Tags: projects, ai, openai, generative-ai, llm, inference-scaling, o3

AI Summary and Description: Yes

Summary: The release of the o3-mini model by OpenAI introduces a new player in the landscape of generative AI, showcasing its benchmarks against other models and its intended applications, including internet searches and summarization. This model is designed to be economically viable while providing competitive performance metrics.

Detailed Description:

The release of o3-mini by OpenAI represents an important development in the field of generative AI. This model offers a compelling option for users by balancing affordability and performance in comparison to its predecessors and counterparts. Here are the key points about o3-mini:

– **Benchmark Performance**:
– o3-mini generally outperforms GPT-4o and o1 in many benchmarks but is not universally superior in all categories.
– Particularly notable is its performance on the Codeforces ELO competitive programming benchmark, where it achieved:
– o3-mini (high): 2130
– o3-mini (medium): 2036
– o1: 1891
– o3-mini (low): 1831
– o1-mini: 1650
– o1-preview: 1258
– GPT-4o: 900
– The performance metrics indicate its strength in areas relevant to programming and reasoning tasks.

– **Intended Use Cases**:
– OpenAI plans to integrate o3-mini’s capabilities into search functionalities, enabling internet searches and result summarization directly in ChatGPT. This would allow for more dynamic, real-time information processing.
– The model aims to be safe and effective, particularly concerning its evaluations in jailbreak scenarios, suggesting its potential stability and security in real-world applications.

– **Pricing Structure**:
– Competitive pricing of o3-mini is a strategic advantage, offering:
– $1.10 per million input tokens
– $4.40 per million output tokens
– This pricing is significantly lower than both GPT-4o ($2.50/$10) and o1 ($15/$60), making it accessible for broader usage scenarios.

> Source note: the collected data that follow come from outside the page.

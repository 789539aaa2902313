//! How long lies between the tries of a relay.

ghost use Rattle.std.specs.Prelude.{◌≡◌};
ghost use Rattle.turn_relay_tries.specs.Backoff.{IsLeast, default_backoff, drawn_wait, lot_of, next_wait};

use turn_stun::transaction::TransactionId;

/// How long lies between the beginnings of two tries. The first try is made at once.
#[derive(Clone, Copy, Debug, PartialEq, Eq)]
pub struct Backoff {
    /// Before the second try, in nanoseconds. It doubles with each further one.
    pub first: u64,
    /// The longest wait, in nanoseconds.
    pub longest: u64,
    /// The part of each wait that is random, in thousandths, at most 1,000: with 500 a wait is half of its time to all of it, so that
    /// the clients of a server that was restarted do not all come back at one time.
    pub jitter: u16,
}

impl Backoff {
    /// Half a second, doubling to 4 s, half of each random.
    pub fn new() -> Backoff
        ensures { result ≡ default_backoff }
    {
        Backoff {
            first: 500_000_000,
            longest: 4_000_000_000,
            jitter: 500,
        }
    }

    /// The wait of this many nanoseconds, less its random part. The number, which decides on it, is one of the relay's own.
    pub fn drawn(self, wait: u64, number: TransactionId) -> u64
        ensures value { result ≡ drawn_wait self wait (lot_of number) }
        ensures least { IsLeast self wait result }
    {
        let random = u128::from(wait)
            * u128::from(self.jitter.min(1_000))
            * u128::from(lot_of(number))
            / LOTS;
        u128::from(wait).saturating_sub(random) as u64
    }

    /// The wait behind this one.
    pub fn after(self, wait: u64) -> u64
        ensures { result ≡ next_wait self wait }
    {
        wait.saturating_mul(2).min(self.longest)
    }
}

/// A thousand times as many as there are lots.
const LOTS: u128 = 4_294_967_296_000;

/// The lot that a number decides on: its last four bytes.
fn lot_of(number: TransactionId) -> u32
    ensures { result ≡ lot_of number }
{
    let [_, _, _, _, _, _, _, _, a, b, c, d] = number.to_bytes();
    u32::from_be_bytes([a, b, c, d])
}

– **Development and Updates**:
– The author refers to active projects related to LLMs, mentioning version updates and ongoing support for new models, which indicates a continuous improvement approach in model deployment.

– **Economic Implications**:
– The cost analysis from a practical usage scenario shows that o3-mini can summarize lengthy discussions efficiently, costing a mere 3.36 cents for a substantial amount of data processing.

Overall, the advancements presented with o3-mini not only contribute to the generative AI space but also highlight significant considerations for professionals focused on AI security, compliance, and application efficiency in cloud environments.